You must add '/login_check' to access_control
access_control:
- { path: ^/login, roles: IS_AUTHENTICATED_ANONYMOUSLY }
- { path: ^/login_check, roles: IS_AUTHENTICATED_ANONYMOUSLY }
- { path: ^/admin, roles: ROLE_ADMIN }
Or that
access_control:
- { path: ^/login$, roles: IS_AUTHENTICATED_ANONYMOUSLY }
- { path: ^/admin, roles: ROLE_ADMIN }
I have a custom user provider, following the guide in:
http://symfony.com/doc/current/cookbook/security/custom_provider.html
All is working without errors, but I don't manage to access the restricted zone.

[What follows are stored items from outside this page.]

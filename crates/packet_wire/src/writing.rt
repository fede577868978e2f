//! Writing packets as bytes.

ghost use Rattle.std.specs.Prelude.{◌≡◌, ◌<◌, ◌++◌, length, true, OnOk, OnErr, IfOk};
ghost use Rattle.packet_wire.specs.Spelling.{body_text, cause_number, child_text, give_many_text, header_text, incarnations_text, number, numbers, options_text, result_text, sibling_text, siblings_text, site_text, spelling, start_text};
ghost use Rattle.packet_wire.specs.Kinds.{kind_of};
ghost use Rattle.packet_wire.specs.WellFormed.{is_body, is_result, is_well_formed};

use crate::kind::Kind;
use crate::packet::{Body, Packet};
use byteorder::{BigEndian, ByteOrder};
use spawn_frame::{Attempt, Cause, ChildResult, Sibling, Site};
use std::alloc::{AllocError, Global};

/// The number with which each packet begins: `CN` in ASCII.
pub const MAGIC: u16 = 0x434e;

/// The version of each packet but those that give several children.
pub const VERSION: u8 = 1;

/// The version of the packets that give several children.
pub const SECOND_VERSION: u8 = 2;

/// The most bytes that a packet has, a GiveMany: the header 14, the count of children 1, a prefix of 999 options 2 +
/// 1,998, eight children 80. A datagram has to have room for it (`LONGEST_DATAGRAM` of site_network).
pub const LONGEST_PACKET: usize = 2095;

/// Writes a number of one byte.
#[tactic(auto, unfolding(crate::specs::Spelling::number))]
fn write_u8(out: &mut Vec<u8>, value: u8) -> Result<(), AllocError>
    ensures { OnOk result (out.new.items ≡ out.old.items ++ number 1 value) }
{
    out.push(value)?;
    Ok(())
}

/// Writes a number of two bytes.
#[tactic(auto, unfolding(crate::specs::Spelling::number))]
fn write_u16(out: &mut Vec<u8>, value: u16) -> Result<(), AllocError>
    ensures { OnOk result (out.new.items ≡ out.old.items ++ number 2 value) }
{
    let mut cells = [0; 2];
    BigEndian::write_u16(&mut cells, value);
    out.extend_from_slice(&cells)
}

/// Writes a number of four bytes.
#[tactic(auto, unfolding(crate::specs::Spelling::number))]
fn write_u32(out: &mut Vec<u8>, value: u32) -> Result<(), AllocError>
    ensures { OnOk result (out.new.items ≡ out.old.items ++ number 4 value) }
{
    let mut cells = [0; 4];
    BigEndian::write_u32(&mut cells, value);
    out.extend_from_slice(&cells)
}

/// Writes what each packet begins with, and the kind.
fn write_start(out: &mut Vec<u8>, kind: Kind) -> Result<(), AllocError>
    ensures { OnOk result (out.new.items ≡ out.old.items ++ start_text kind) }
{
    write_u16(out, MAGIC)?;
    write_u8(out, kind.version())?;
    write_u8(out, kind.number())
}

/// Writes the node and its incarnation.
fn write_site(out: &mut Vec<u8>, site: Site) -> Result<(), AllocError>
    ensures { OnOk result (out.new.items ≡ out.old.items ++ site_text site) }
{
    write_u8(out, site.node)?;
    write_u32(out, site.incarnation)
}

/// Writes the header.
fn write_header(out: &mut Vec<u8>, kind: Kind, from: Site, to: Site) -> Result<(), AllocError>
    ensures { OnOk result (out.new.items ≡ out.old.items ++ header_text kind from to) }
{
    write_start(out, kind)?;
    write_site(out, from)?;
    write_site(out, to)
}

/// Writes numbers of two bytes.
fn write_options(out: &mut Vec<u8>, options: &[u16]) -> Result<(), AllocError>
    ensures { OnOk result (out.new.items ≡ out.old.items ++ numbers 2 options.now) }
{
    for option in options {
        write_u16(out, *option)?;
    }
    Ok(())
}

/// Writes a list of options, with its count.
fn write_option_list(out: &mut Vec<u8>, options: &[u16]) -> Result<(), AllocError>
    requires { length options.now < 65536 }
    ensures { OnOk result (out.new.items ≡ out.old.items ++ options_text options.now) }
{
    write_u16(out, options.len() as u16)?;
    write_options(out, options)
}

/// Writes numbers of four bytes.
fn write_incarnations(out: &mut Vec<u8>, incarnations: &[u32]) -> Result<(), AllocError>
    ensures { OnOk result (out.new.items ≡ out.old.items ++ numbers 4 incarnations.now) }
{
    for incarnation in incarnations {
        write_u32(out, *incarnation)?;
    }
    Ok(())
}

/// Writes the incarnations of the nodes, with their count.
fn write_members(out: &mut Vec<u8>, incarnations: &[u32]) -> Result<(), AllocError>
    requires { length incarnations.now < 256 }
    ensures { OnOk result (out.new.items ≡ out.old.items ++ incarnations_text incarnations.now) }
{
    write_u8(out, incarnations.len() as u8)?;
    write_incarnations(out, incarnations)
}

/// Writes the name of a child, and the attempt.
fn write_child(out: &mut Vec<u8>, serial: u32, attempt: Attempt) -> Result<(), AllocError>
    ensures { OnOk result (out.new.items ≡ out.old.items ++ child_text serial attempt) }
{
    write_u32(out, serial)?;
    write_u32(out, attempt)
}

/// Writes a child among others.
fn write_sibling(out: &mut Vec<u8>, sibling: Sibling) -> Result<(), AllocError>
    ensures { OnOk result (out.new.items ≡ out.old.items ++ sibling_text sibling) }
{
    write_u32(out, sibling.serial)?;
    write_u32(out, sibling.attempt)?;
    write_u16(out, sibling.option)
}

/// Writes children of one parent.
fn write_siblings(out: &mut Vec<u8>, siblings: &[Sibling]) -> Result<(), AllocError>
    ensures { OnOk result (out.new.items ≡ out.old.items ++ siblings_text siblings.now) }
{
    for sibling in siblings {
        write_sibling(out, *sibling)?;
    }
    Ok(())
}

/// Writes a count, the prefix of a parent, and so many children.
fn write_give_many(
    out: &mut Vec<u8>,
    prefix: &[u16],
    siblings: &[Sibling],
) -> Result<(), AllocError>
    requires prefix { length prefix.now < 65536 }
    requires siblings { length siblings.now < 256 }
    ensures { OnOk result (out.new.items
        ≡ out.old.items ++ give_many_text prefix.now siblings.now) }
{
    write_u8(out, siblings.len() as u8)?;
    write_option_list(out, prefix)?;
    write_siblings(out, siblings)
}

/// Writes a result.
fn write_result(out: &mut Vec<u8>, told: &ChildResult) -> Result<(), AllocError>
    requires { is_result told.now ≡ true }
    ensures { OnOk result (out.new.items ≡ out.old.items ++ result_text told.now) }
{
    match told {
        ChildResult::Empty => write_u8(out, 0),
        ChildResult::Cover(options) => {
            write_u8(out, 1)?;
            write_option_list(out, options.as_slice())
        }
    }
}

/// Writes why a result is refused.
fn write_cause(out: &mut Vec<u8>, cause: Cause) -> Result<(), AllocError>
    ensures { OnOk result (out.new.items ≡ out.old.items ++ number 1 (cause_number cause)) }
{
    let value = match cause {
        Cause::Aborted => 1,
        Cause::Superseded => 2,
        Cause::Unknown => 3,
    };
    write_u8(out, value)
}

/// Writes the body.
fn write_body(out: &mut Vec<u8>, body: &Body) -> Result<(), AllocError>
    requires { is_body body.now ≡ true }
    ensures { OnOk result (out.new.items ≡ out.old.items ++ body_text body.now) }
{
    match body {
        Body::Hello | Body::Steal | Body::NoWork | Body::Over => Ok(()),
        Body::Members(incarnations) => write_members(out, incarnations.as_slice()),
        Body::Give {
            serial,
            attempt,
            prefix,
        } => {
            write_child(out, *serial, *attempt)?;
            write_option_list(out, prefix.as_slice())
        }
        Body::GiveMany { prefix, siblings } => {
            write_give_many(out, prefix.as_slice(), siblings.as_slice())
        }
        Body::Return {
            serial,
            attempt,
            result,
        }
        | Body::Accept {
            serial,
            attempt,
            result,
        } => {
            write_child(out, *serial, *attempt)?;
            write_result(out, result)
        }
        Body::Refuse {
            serial,
            attempt,
            cause,
        } => {
            write_child(out, *serial, *attempt)?;
            write_cause(out, *cause)
        }
        Body::Abort { serial, attempt } => write_child(out, *serial, *attempt),
    }
}

/// The bytes of the packet.
fn spelling_of(alloc: Global, packet: &Packet) -> Result<Vec<u8>, AllocError>
    requires { is_well_formed packet.now ≡ true }
    ensures { IfOk result (λ text. text.items ≡ spelling packet.now) }
{
    // (room for the longest packet, so none of the writes below takes memory)
    let mut text = Vec::with_capacity(alloc, LONGEST_PACKET)?;
    write_header(&mut text, Kind::of(&packet.body), packet.from, packet.to)?;
    write_body(&mut text, &packet.body)?;
    Ok(text)
}

/// Appends the bytes of a well-formed packet, of which there are at most 2,095.
///
/// A header of 14 bytes has the magic `43 4e`, the version, the kind, and of the sender and the receiver each the node
/// in one byte and the incarnation in four. The version is 1 and the kind a number from 1 to 10 in the order of
/// [`Body`], where a `GiveMany` shares the number of `Give` and has the version 2.
///
/// The body follows: of `Members` the count in one byte and the incarnations in four each; of `GiveMany` the count of
/// the children in one byte, the parent's prefix, and of each child the serial number and the attempt in four bytes
/// each and the option in two; of the others that name a child its serial number and the attempt in four bytes each,
/// and then the prefix, the result, or the cause from 1 to 3. A list of options has its count and each number in two
/// bytes; a result is the byte 0 for none, or 1 and the list of the cover. The highest byte of a number is first.
///
/// The only error is out of memory. The list is then as it was.
pub fn write_packet(alloc: Global, packet: &Packet, out: &mut Vec<u8>) -> Result<(), AllocError>
    requires { is_well_formed packet.now ≡ true }
    ensures written { OnOk result (out.new.items ≡ out.old.items ++ spelling packet.now) }
    ensures kept { OnErr result (out.new.items ≡ out.old.items) }
{
    // (written apart, so that the caller's list never gets part of a packet)
    let text = spelling_of(alloc, packet)?;
    out.extend_from_slice(&text)
}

In my UserProvider class, I set $roles var to have array("ROLE_USER") and that's the permission I need to access route app/list, but when I go to app/list, Symfony redirects me to login again and again.
I've seen the debug toolbar and it results:
Username anon.
Authenticated? yes
Roles { }
Token class Symfony\Component\Security\Core\Authentication\Token\AnonymousToken
My security.yml file is:
security:
firewalls:
secured_area:
pattern: ^/
anonymous: ~
form_login: ~
http_basic:
realm: "Secured Demo Area"
form_login:
provider: webservice
login_path: login
check_path: login_check
always_use_default_target_path: true
default_target_path: listado_actas
logout:
path: logout
target: login
role_hierarchy:
ROLE_ADMIN: ROLE_USER
ROLE_SUPER_ADMIN: [ROLE_ADMIN, ROLE_ALLOWED_TO_SWITCH]
access_control:
- { path: ^/login, roles: IS_AUTHENTICATED_ANONYMOUSLY }
- { path: ^/, roles: IS_AUTHENTICATED_ANONYMOUSLY }
providers:
webservice:
id: webservice_user_provider
encoders:
Symfony\Component\Security\Core\User\User: plaintext
Actas\Gestion\UserBundle\Security\User\WebServiceUser:
id: my.encoder.service
My UserProvider class looks like the following. I just call an XML service that gives me a TOKEN that I will store in my UserClass:
public function loadUserByUsername($username)
{
$salt = "";
$roles = "";
// make a call to your webservice here
$password = $this->request->get('_password');
$xml_interface = new XMLInterfaceBundle();
$token = $xml_interface->requestLogin($username, $password);
if (strlen($token) > 10) {
$roles = array("ROLE_USER");
$salt = "";
return new WebserviceUser($username, $password, $salt, $roles, $token);
}
throw new UsernameNotFoundException(sprintf('Username "%s" does not exist.', $username));
}
This is my UserObject in DaoAuthenticationProvider::checkAuthentication()
Actas\Gestion\UserBundle\Security\User\WebserviceUser Object
(
[username:Actas\Gestion\UserBundle\Security\User\WebserviceUser:private] => 44886706X
[password:Actas\Gestion\UserBundle\Security\User\WebserviceUser:private] => 44886706XkCrDP
[salt:Actas\Gestion\UserBundle\Security\User\WebserviceUser:private] =>
[roles:Actas\Gestion\UserBundle\Security\User\WebserviceUser:private] => Array
(
[0] => ROLE_ADMIN
)
[my_token:Actas\Gestion\UserBundle\Security\User\WebserviceUser:private] =>
)
This is my routing.yml:
xml_interface:
resource: "#XMLInterfaceBundle/Resources/config/routing.yml"
prefix: /
actas:
resource: "#ActasBundle/Resources/config/routing.yml"
prefix: /
login:
pattern: /login
defaults: { _controller: UserBundle:Default:login }
login_check:
pattern: /login_check
logout:
pattern: /logout
Just try to set the Role_hierarchy as following:
security:
role_hierarchy:
ROLE_ADMIN: ROLE_USER
ROLE_SUPER_ADMIN: [ROLE_ADMIN, ROLE_ALLOWED_TO_SWITCH]
Don't forget to set the role of your User object as ROLE_ADMIN, for example, in order to match the role_hierarchy.